A pesar de estar dentro de una sala cerrada, el frío gana poco a poco terreno manifestando la pérdida que se vela desde hace un día. Al llegar, la primera visión hace que choque con la realidad de la ocasión. Una persona ha muerto, y la iglesia busca su redención para llegar a la vida eterna.
Alrededor sólo se ven rostros sollozantes y tristeza que se pierde en lo profundo de los lamentos. Un sacerdote oficia misa y entre plegaria y plegaria busca dar consuelo a los familiares que impotentes suplican por dentro que este camino al cielo.
Lugar de contrastes, mientras los familiares conduelen la partida del ser querido, licenciados y burócratas deambulan con fólders arreglando formalidades sin mostrar sensación alguna.

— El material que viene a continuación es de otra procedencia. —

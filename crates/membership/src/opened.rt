// A group that is open, with those who joined it.
ghost use Rattle.std.specs.Prelude.{◌≡◌, ◌++◌, ◌∷◌, ◌<◌, [], length, map, slice_get, slice_set, flat_map, nat_eq, ℕ, OnOk, OnErr, IfOk};
ghost use Rattle.std.specs.List.{list_any, prefix_len};
ghost use Rattle.maps_model.specs.Assign.{IsAssigned};
ghost use Rattle.maps_model.specs.Rules.{with_join, membership_of};
ghost use Rattle.object_model.specs.Sets.{has};
ghost use Rattle.membership.specs.Checks.{is_lower, is_same_node, is_earlier};
ghost use Rattle.membership.specs.Groups.{all_claims, all_members, with_one_joined, has_joined, joins_in};

use crate::install::Install;
use mail_base::{Claim, EpochId, Member, NodeSet, Sequence};
use std::alloc::{AllocError, Global};
use std::marker::Model;
use user_map::assign;

/// A node that joined, with the buckets that it claims.
#[derive(Drop)]
pub(crate) struct Joined {
    pub(crate) member: Member,
    pub(crate) claims: Sequence<Claim>,
}

impl Model for Joined {
    ghost use Rattle.maps_model.specs.Cluster.{Joined as Seen};

    ghost Value = { Seen };

    ghost view = { λ j. record { member = j.member; claims = j.claims } };
}

/// A group that its node has opened and not concluded yet. Its node has joined it.
#[derive(Drop)]
pub(crate) struct OpenGroup {
    epoch: EpochId,
    joins: Vec<Joined>,
}

impl Model for OpenGroup {
    ghost use Rattle.std.specs.Prelude.{length, ◌<◌};
    ghost use Rattle.maps_model.specs.Cluster.{OpenGroup as Seen};

    ghost Value = { Seen };

    ghost view = { λ g. record { epoch = g.epoch; joins = g.joins.items } };

    ghost invariant = { λ g. 0 < length g.joins.items };
}

// How many joins are of lower nodes.
fn lower(joins: &[Joined], new: &Joined) -> usize
    ensures { result ≡ prefix_len (is_lower new.now) joins.now }
{
    let node = new.member.node;
    joins
        .iter()
        .take_while(|old| old.member.node < node)
        .count()
}

// Whether the join at that place is of the node of the new one.
fn is_same_node(joins: &[Joined], at: usize, new: &Joined) -> bool
    ensures { result ≡ is_same_node new.now (slice_get joins.now at) }
{
    match joins.get(at) {
        Some(old) => old.member.node == new.member.node,
        None => false,
    }
}

// Whether the join at that place is of a boot before that of the new one.
fn is_earlier(joins: &[Joined], at: usize, new: &Joined) -> bool
    ensures { result ≡ is_earlier new.now (slice_get joins.now at) }
{
    match joins.get(at) {
        Some(old) => old.member.boot < new.member.boot,
        None => false,
    }
}

fn replace(joins: &mut Vec<Joined>, at: usize, new: Joined)
    requires { at < length joins.old.items }
    ensures { joins.new.items ≡ slice_set joins.old.items at new }
{
    joins[at] = new;
}

// Puts the join among the others, in the order of nodes. Of one node the one of the greatest boot stays.
#[tactic(auto, using(crate::proofs::Adding::lower_within, crate::proofs::Adding::same_within, crate::proofs::Adding::added_new, crate::proofs::Adding::added_later, crate::proofs::Adding::added_not))]
fn add(joins: &mut Vec<Joined>, new: Joined) -> Result<(), AllocError>
    ensures ok { OnOk result (joins.new.items ≡ with_join new joins.old.items) }
    ensures err { OnErr result (joins.new.items ≡ joins.old.items) }
{
    let at = lower(joins, &new);
    if !is_same_node(joins, at, &new) {
        joins.insert(at, new)?;
        return Ok(());
    }
    if is_earlier(joins, at, &new) {
        replace(joins, at, new);
    }
    Ok(())
}

// Puts the claims after the others.
fn append(claims: &mut Sequence<Claim>, more: &[Claim]) -> Result<(), AllocError>
    ensures { OnOk result (claims.new ≡ claims.old ++ more.now) }
{
    for claim in more {
        claims.push(*claim)?;
    }
    Ok(())
}

fn claims_of(alloc: Global, joins: &[Joined]) -> Result<Sequence<Claim>, AllocError>
    ensures { IfOk result (λ claims. claims ≡ flat_map (λ join. join.claims) joins.now) }
{
    let mut claims = Sequence::new(alloc);
    for join in joins {
        append(&mut claims, join.claims.as_slice())?;
    }
    Ok(claims)
}

fn members_of(alloc: Global, joins: &[Joined]) -> Result<Sequence<Member>, AllocError>
    ensures { IfOk result (λ members. members ≡ map (λ join. join.member) joins.now) }
{
    let mut members = Sequence::new(alloc);
    for join in joins {
        members.push(join.member)?;
    }
    Ok(members)
}

impl OpenGroup {
    /// A group of that epoch, with the join of its own node.
    pub(crate) fn new(alloc: Global, epoch: EpochId, own: Joined) -> Result<OpenGroup, AllocError>
        ensures { IfOk result (λ group. group ≡ record { epoch = epoch; joins = own ∷ [] }) }
    {
        let mut joins = Vec::new(alloc);
        joins.push(own)?;
        Ok(OpenGroup { epoch, joins })
    }

    /// Its epoch.
    pub(crate) fn epoch(&self) -> EpochId
        ensures { result ≡ self.now.epoch }
    {
        self.epoch
    }

    /// Adds a join, unless one of the node stands from the same boot or a later one.
    #[tactic(auto, using(crate::proofs::Adding::some_joined))]
    pub(crate) fn add(&mut self, new: Joined) -> Result<(), AllocError>
        ensures ok { OnOk result (self.new ≡ with_one_joined new self.old) }
        ensures err { OnErr result (self.new ≡ self.old) }
    {
        add(&mut self.joins, new)?;
        Ok(())
    }

    /// The membership that those who joined become.
    pub(crate) fn conclude(&self, alloc: Global, buckets: u32) -> Result<Install, AllocError>
        ensures map { IfOk result (λ install. IsAssigned (all_claims self.now) (all_members self.now) buckets self.now.epoch install.map) }
        ensures is { IfOk result (λ install. install ≡ membership_of self.now install.map) }
    {
        let claims = claims_of(alloc, &self.joins)?;
        let members = members_of(alloc, &self.joins)?;
        let map = assign(
            alloc,
            claims.as_slice(),
            members.as_slice(),
            buckets,
            self.epoch,
        )?;
        Ok(Install::new(self.epoch, members, map))
    }

    /// How many nodes joined.
    pub(crate) fn size(&self) -> usize
        ensures { result ≡ joins_in self.now }
    {
        self.joins.len()
    }

    /// The nodes that joined.
    pub(crate) fn nodes(&self) -> NodeSet
        ensures { (n : ℕ) → has result n ≡ has_joined n self.now }
    {
        nodes_of(&self.joins)
    }
}

fn nodes_of(joins: &[Joined]) -> NodeSet
    ensures { (n : ℕ) → has result n ≡ list_any (λ join. nat_eq join.member.node n) joins.now }
{
    let mut nodes = NodeSet::empty();
    for join in joins {
        nodes = nodes.with(join.member.node);
    }
    nodes
}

Una vez retirado el sacerdote, las lágrimas ahuyentan las ganas de reponerse de un desvelo y Dios aparece como único medio de consuelo para los afligidos. Frente al ataúd, una devota mujer reza el rosario. "Quién cree en el Señor, no morirá". Después de terminar la letanía a la virgen maría, que hace sólo unos días rezabamos para celebrar un nacimiento, el silencio remarca el vacío que deja una persona al irse.
Salgo un momento para recobrarme de la impresión de ver el ataúd rodeado de flores y humanos, dramática escena que contrasta con las anteriores fiestas decembrinas. Veo a mi lado el joven rostro de mi hermano. En sus ojos se refleja la pregunta que yo me hago: ¿Cuanto faltará para que nosotros seamos partícipes de aquel dolor? Somos aún unos niños.